Negli ultimi anni si è accresciuta la consapevolezza degli effetti potenzialmente dannosi di insediamenti e processi produttivi prima a-criticamente accettati. Tale consapevolezza si manifesta con azioni più o meno coerenti e da luogo ad atteggiamenti alquanto diversi verso le moderne tecnologie. Il fatto rilevante è che molti nuovi attori sono apparsi sulla scena, e un dibattito che prima era fra pochi ora è di vasto interesse pubblico. Grazie anche allo spazio concesso loro dai mass media, sulle questioni ambientali oggi tutti si sentono chiamati ad intervenire e tutti si sentono portatori di interessi legittimi. La partecipazione diffusa è riconoscuita e promossa da numerose direttive comunitarie in materia ambientale e di rischio tecnologico.

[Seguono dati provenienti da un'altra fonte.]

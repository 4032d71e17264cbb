//! A closed surface that can be thinned and brought back: directed edges, and the log of collapses.
#![tactic(auto)]

pub mod halfedges;
pub mod law;
pub mod mesh;
pub mod record;
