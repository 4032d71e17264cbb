//! A surface and the log of its collapses.
ghost use Rattle.std.specs.Prelude.{◌≡◌, ◌≤◌, length, vec_len, vec_capacity};
ghost use Rattle.surface.specs.Closed.{Closed};
ghost use Rattle.surface.specs.Read.{whole};
ghost use Rattle.gathering.specs.Limits.{Numbered};
ghost use Rattle.gathering.specs.Model.{point_of};
ghost use Rattle.mesh.specs.Stages.{stage, AllPermitted};
ghost use Rattle.mesh.specs.Kept.{CornersAre, TrianglesAre, VerticesAre, TwinsDead, OutDead};

use crate::halfedges::HalfEdges;
use crate::record::Record;
use geometry::Position;

pub mod calls;
pub mod moves;
pub mod opening;
pub mod permits;
pub mod reads;

#[derive(Drop)]
pub struct Mesh {
    positions: Vec<Position>,
    // the corners as the surface was opened
    opened: Vec<u16>,
    edges: HalfEdges,
    // the collapses: those before the position are done, the others lie ahead
    log: Vec<Record>,
    position: usize,
    ghost few_vertices: { vec_len positions ≤ 1024 },
    ghost few_corners: { vec_len opened ≤ 6144 },
    ghost corners_long: { vec_len edges.corners ≡ vec_len opened },
    ghost vertices_long: { vec_len edges.vertices ≡ vec_len positions },
    ghost numbered: { Numbered opened.items (vec_len positions) },
    ghost placed: { position ≤ vec_len log },
    ghost log_room: { vec_len positions ≤ vec_capacity log },
    ghost begun: { ∥ Closed (whole opened.items (length positions.items)) ∥₁ },
    ghost permitted: { AllPermitted (whole opened.items (length positions.items)) (point_of positions.items) log.items },
    ghost corners_are: { CornersAre (stage (whole opened.items (length positions.items)) log.items position) edges.corners.items },
    ghost triangles_are: { TrianglesAre (stage (whole opened.items (length positions.items)) log.items position) edges.triangles.items },
    ghost vertices_are: { VerticesAre (stage (whole opened.items (length positions.items)) log.items position) edges.vertices.items },
    ghost twins_dead: { TwinsDead (whole opened.items (length positions.items)) log.items position edges.twin.items },
    ghost out_dead: { OutDead (whole opened.items (length positions.items)) log.items position edges.out.items },
}
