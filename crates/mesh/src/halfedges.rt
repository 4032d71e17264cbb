//! A closed surface by its half-edges: half-edge 3 t + k runs from corner k of triangle t to the next corner.
ghost use Rattle.std.specs.Prelude.{◌≡◌, ◌*◌, ◌≤◌, vec_len};
ghost use Rattle.surface.specs.Closed.{Closed};
ghost use Rattle.surface.specs.Read.{read};
ghost use Rattle.mesh.specs.Held.{TwinsLive, OutLive};

// Kept: functions of `edits`, `fold` and `link` ask `requires live`, since that a half-edge is live is a fact of its number and of the surface as it is just then.
pub mod edits;
mod fold;
mod link;
mod making;
pub mod reads;
pub mod ring;
mod turns;

#[derive(Drop)]
pub struct HalfEdges {
    // Kept as lists of their own: an edit rewrites one of them while it reads another.
    // by half-edge: the vertex at which it begins, and the half-edge that runs opposite
    corners: Vec<u16>,
    twin: Vec<u16>,
    // by vertex: a half-edge that begins there
    out: Vec<u16>,
    // which triangles and which vertices are live
    triangles: Vec<bool>,
    vertices: Vec<bool>,
    ghost few: { vec_len corners ≤ 6144 },
    ghost threes: { vec_len corners ≡ 3 * vec_len triangles },
    ghost twin_long: { vec_len twin ≡ vec_len corners },
    ghost few_vertices: { vec_len vertices ≤ 1024 },
    ghost out_long: { vec_len out ≡ vec_len vertices },
    ghost closed: { ∥ Closed (read corners.items triangles.items vertices.items) ∥₁ },
    ghost twins: { TwinsLive (read corners.items triangles.items vertices.items) twin.items },
    ghost outs: { OutLive (read corners.items triangles.items vertices.items) out.items },
}
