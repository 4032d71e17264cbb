//! One collapse of the log.

/// The collapse of vertex `u` to vertex `w`.
// Kept: calls take the two as two numbers, since any two may be asked for and a record is only of a collapse that was permitted.
#[derive(Clone, Copy)]
pub struct Record {
    pub u: u16,
    pub w: u16,
}
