//! What a matcher answers.

ghost use Rattle.std.specs.Prelude.{◌↔◌, IfOk, IsTrue};
ghost use Rattle.std.specs.Str.{chars};
ghost use Rattle.jp_iregexp.specs.Tree.{tree};
ghost use Rattle.jp_iregexp.specs.Language.{Language};
ghost use Rattle.jp_match.specs.Bounds.{KeepsBound};
ghost use Rattle.jp_match.specs.Part.{HasPart};

use crate::class_tests::Tests;
use crate::counted::CountedPattern;
use jp_iregexp::Pattern;
use std::alloc::{AllocError, Global};

/// A matcher of patterns. Each answer is exact for every pattern; the only error is that memory ran
/// out. Where the pattern has at most 4,096 positions, a call makes at most one class test for each
/// of them and each character, whatever its outcome.
pub trait Matching {
    /// Whether the text is in the language of the pattern (RFC 9485 section 4; RFC 9535 section
    /// 2.4.6).
    fn whole(
        &self,
        alloc: Global,
        pattern: &Pattern,
        text: &str,
        tests: &mut Tests,
    ) -> Result<bool, AllocError>
        ensures exact { IfOk result (λ answer. IsTrue answer ↔ Language (tree pattern.now) (chars
            text.now)) }
        ensures tests { KeepsBound (tree pattern.now) (chars text.now) tests.old tests.new };

    /// Whether some part of the text is in the language of the pattern, the empty parts included
    /// (RFC 9535 section 2.4.7).
    fn part(
        &self,
        alloc: Global,
        pattern: &Pattern,
        text: &str,
        tests: &mut Tests,
    ) -> Result<bool, AllocError>
        ensures exact { IfOk result (λ answer. IsTrue answer ↔ HasPart (Language (tree
            pattern.now)) (chars text.now)) }
        ensures tests { KeepsBound (tree pattern.now) (chars text.now) tests.old tests.new };

    /// What `whole` answers, for a pattern that was counted before.
    fn whole_counted(
        &self,
        alloc: Global,
        pattern: &CountedPattern,
        text: &str,
        tests: &mut Tests,
    ) -> Result<bool, AllocError>
        ensures exact { IfOk result (λ answer. IsTrue answer ↔ Language (tree pattern.now.pattern)
            (chars text.now)) }
        ensures tests { KeepsBound (tree pattern.now.pattern) (chars text.now) tests.old tests.new }
    {
        self.whole(alloc, pattern.pattern(), text, tests)
    }

    /// What `part` answers, for a pattern that was counted before.
    fn part_counted(
        &self,
        alloc: Global,
        pattern: &CountedPattern,
        text: &str,
        tests: &mut Tests,
    ) -> Result<bool, AllocError>
        ensures exact { IfOk result (λ answer. IsTrue answer ↔ HasPart (Language (tree
            pattern.now.pattern)) (chars text.now)) }
        ensures tests { KeepsBound (tree pattern.now.pattern) (chars text.now) tests.old tests.new }
    {
        self.part(alloc, pattern.pattern(), text, tests)
    }
}
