//! Matchers: whether a text, or a part of it, is in the language of a pattern (RFC 9485).
//!
//! A layer above takes a matcher by the bound [`Matching`], whose two answers are language
//! membership, and counts class tests in a [`Tests`]. [`Marks`] is that matcher: it steps a
//! [`Scan`] over the text, a character at a time. [`Images`] answers the same from sets of offsets,
//! for patterns of more positions than a scan takes.
//!
//! ```text
//! let pattern = read_pattern(alloc, "a{2,3}")?;
//! let mut tests = Tests::new();
//! Marks.whole(alloc, &pattern, "aaaa", &mut tests)?; // false
//! Marks.part(alloc, &pattern, "aaaa", &mut tests)?; // true
//! ```
#![tactic(auto)]

mod beginning;
mod class_tests;
mod copies;
mod counted;
mod counts;
mod cutting;
mod effort;
mod empty_word;
mod first_chars;
mod idle;
mod images;
mod marking;
mod marks;
mod matching;
mod offsets;
mod one_class;
mod one_width;
mod only_words;
mod passing;
mod prefix;
mod relations;
mod rows;
mod scan;
mod search;
mod stepping;
mod sweep;
mod whole;
mod word;

pub use class_tests::Tests;
pub use counted::CountedPattern;
pub use images::Images;
pub use marks::Marks;
pub use matching::Matching;
pub use scan::Scan;
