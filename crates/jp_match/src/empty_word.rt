//! Whether patterns have the empty word.

ghost use Rattle.std.specs.Prelude.{◌≡◌, map};
ghost use Rattle.jp_iregexp.specs.Tree.{tree, branches, pieces, repeat};
ghost use Rattle.jp_match.specs.Private.EmptyWord.{has_empty};

use jp_iregexp::Pattern;

/// Whether the empty word is in the language of the pattern.
#[cycle(empty_word)]
pub(crate) fn has_empty_word(pattern: &Pattern) -> bool
    ensures { result ≡ has_empty (tree pattern.now) }
{
    match pattern {
        Pattern::Either(branches) => any_has_empty_word(branches),
        Pattern::Sequence(pieces) => each_has_empty_word(pieces),
        Pattern::Repeat { inner, least, most } => repeats_empty_word(inner, *least, *most),
        Pattern::Class(_) => false,
    }
}

/// Whether the empty word is in the language of one of these branches; without branches it is in none.
#[cycle(empty_word)]
fn any_has_empty_word(parts: &[Pattern]) -> bool
    ensures { result ≡ has_empty (branches (map tree parts.now)) }
{
    for branch in parts {
        if has_empty_word(branch) {
            return true;
        }
    }
    false
}

/// Whether the empty word is in the language of each of these pieces, and so of their sequence.
#[cycle(empty_word)]
fn each_has_empty_word(parts: &[Pattern]) -> bool
    ensures { result ≡ has_empty (pieces (map tree parts.now)) }
{
    for piece in parts {
        if !has_empty_word(piece) {
            return false;
        }
    }
    true
}

/// Whether the empty text is a word of the repeat of a pattern.
#[cycle(empty_word)]
fn repeats_empty_word(inner: &Pattern, least: u32, most: Option<u32>) -> bool
    ensures { result ≡ has_empty (repeat (tree inner.now) least most) }
{
    if let Some(most) = most
        && most < least
    {
        return false;
    }
    least == 0 || has_empty_word(inner)
}
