//! A pattern with a mark for each of its positions.

ghost use Rattle.std.specs.Prelude.{◌≡◌, ◌^◌, ℕ, ◌≤◌, IsTrue, IfOk, min, length};
ghost use Rattle.std.specs.Prelude.{get_or, true, false, ◌||◌};
ghost use Rattle.jp_iregexp.specs.Tree.{tree};
ghost use Rattle.jp_iregexp.specs.Positions.{positions_of};
ghost use Rattle.jp_match.specs.Bounds.{MakesAtMost};
ghost use Rattle.jp_match.specs.Private.Plain.{unrolled};
ghost use Rattle.jp_match.specs.Private.Marks.{Ends, Steps};
ghost use Rattle.jp_match.specs.Private.Sweeps.{rounds_of, rounds_end, marks_end};
ghost use Rattle.jp_match.specs.Private.Sweeps.{takes_none};

use crate::class_tests::Tests;
use crate::counts::{Counts, MANY_ROUNDS};
use crate::empty_word::has_empty_word;
use crate::offsets::{is_any, none};
use crate::sweep::Sweep;
use crate::whole::step_whole;
use jp_iregexp::Pattern;
use std::alloc::{AllocError, Global};
use std::mem::swap;

/// A pattern, a mark for each of its positions, and whether its end is reached.
#[derive(Drop)]
pub(crate) struct Marking<'p> {
    pub(crate) pattern: &'p Pattern,
    /// The sweep of the last step: there is no mark from its end on.
    pub(crate) sweep: Sweep,
    pub(crate) ends: bool,
    pub(crate) ends_entered: bool,
    /// There is no mark.
    pub(crate) is_idle: bool,
    ghost no_mark: { IsTrue is_idle → (position : ℕ) → IsTrue (get_or sweep.marks.items position
        false) → ⊥ },
    ghost ended: { (position : ℕ) → sweep.at ≤ position → IsTrue (get_or sweep.marks.items position
        false) → ⊥ },
    ghost sized: { length sweep.marks.items ≡ positions_of (tree pattern.now) },
    ghost kept: { length sweep.rounds.items ≡ rounds_of (unrolled (tree pattern.now)) },
    ghost so: { rounds_end (unrolled (tree pattern.now)) sweep.marks.items sweep.rounds.items ≡ true },
    ghost reached: { ends ≡ marks_end (unrolled (tree pattern.now)) sweep.marks.items },
    ghost reached_entered: { ends_entered ≡ (marks_end (unrolled (tree pattern.now))
        sweep.marks.items || takes_none (unrolled (tree pattern.now))) },
}

impl<'p> Marking<'p> {
    /// No mark so far.
    pub(crate) fn new(
        alloc: Global,
        pattern: &'p Pattern,
        counts: Counts,
    ) -> Result<Marking<'p>, AllocError>
        requires positions { counts.positions ≡ positions_of (tree pattern.now) }
        requires rounds { counts.rounds ≡ min (rounds_of (unrolled (tree pattern.now))) (2 ^ 31) }
        ensures of { IfOk result (λ marking. marking.pattern.now ≡ pattern.entry.now) }
        ensures none { IfOk result (λ marking. (position : ℕ)
            → IsTrue (get_or marking.sweep.marks.items position false) → ⊥) }
    {
        if counts.rounds >= MANY_ROUNDS {
            return Err(AllocError);
        }
        let marks = none(alloc, counts.positions as usize)?;
        let rounds = none(alloc, counts.rounds as usize)?;
        Ok(Marking {
            pattern,
            sweep: Sweep {
                c: '\0',
                marks,
                rounds,
                at: 0,
                round: 0,
                tests: Tests::new(),
            },
            ends: false,
            ends_entered: has_empty_word(pattern),
            is_idle: true,
        })
    }

    /// Moves the marks over the character, and answers whether the end was reached before.
    pub(crate) fn step(&mut self, entered: bool, c: char, tests: &mut Tests) -> bool
        ensures same { self.new.pattern.now ≡ self.old.pattern.now }
        ensures step { Steps (unrolled (tree self.old.pattern.now)) c entered
            self.old.sweep.marks.items self.new.sweep.marks.items result }
        ensures tests { MakesAtMost (positions_of (tree self.old.pattern.now)) tests.old tests.new }
    {
        let end = self.sweep.at;
        self.sweep.c = c;
        self.sweep.at = 0;
        self.sweep.round = 0;
        swap(&mut self.sweep.tests, tests);
        let reach = step_whole(self.pattern, &mut self.sweep, end, entered);
        swap(&mut self.sweep.tests, tests);
        self.ends = reach.after;
        self.ends_entered = reach.after_entered;
        self.is_idle = !is_any(&self.sweep.marks);
        self.sweep.at = if self.is_idle { 0 } else { self.sweep.at };
        reach.before
    }

    /// Whether the end is reached.
    pub(crate) fn ends(&self, entered: bool) -> bool
        ensures { Ends (unrolled (tree self.now.pattern.now)) entered self.now.sweep.marks.items
            result }
    {
        self.ends | (entered & self.ends_entered)
    }
}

In particolare la direttiva Seveso (82/501/EEC e successivi emendamenti) si basa su un'impalcatura comunicativa che ne sostiene la corretta applicazione. La relazione esamina e commenta alcune attività di informazione al pubblico condotte in diversi paesi europei, evidenziandone obiettivi e strategie e richiamando la necessità di stabilire solide relazioni fra i diversi attori sociali, accanto a quella di diffondere un'informazione corretta.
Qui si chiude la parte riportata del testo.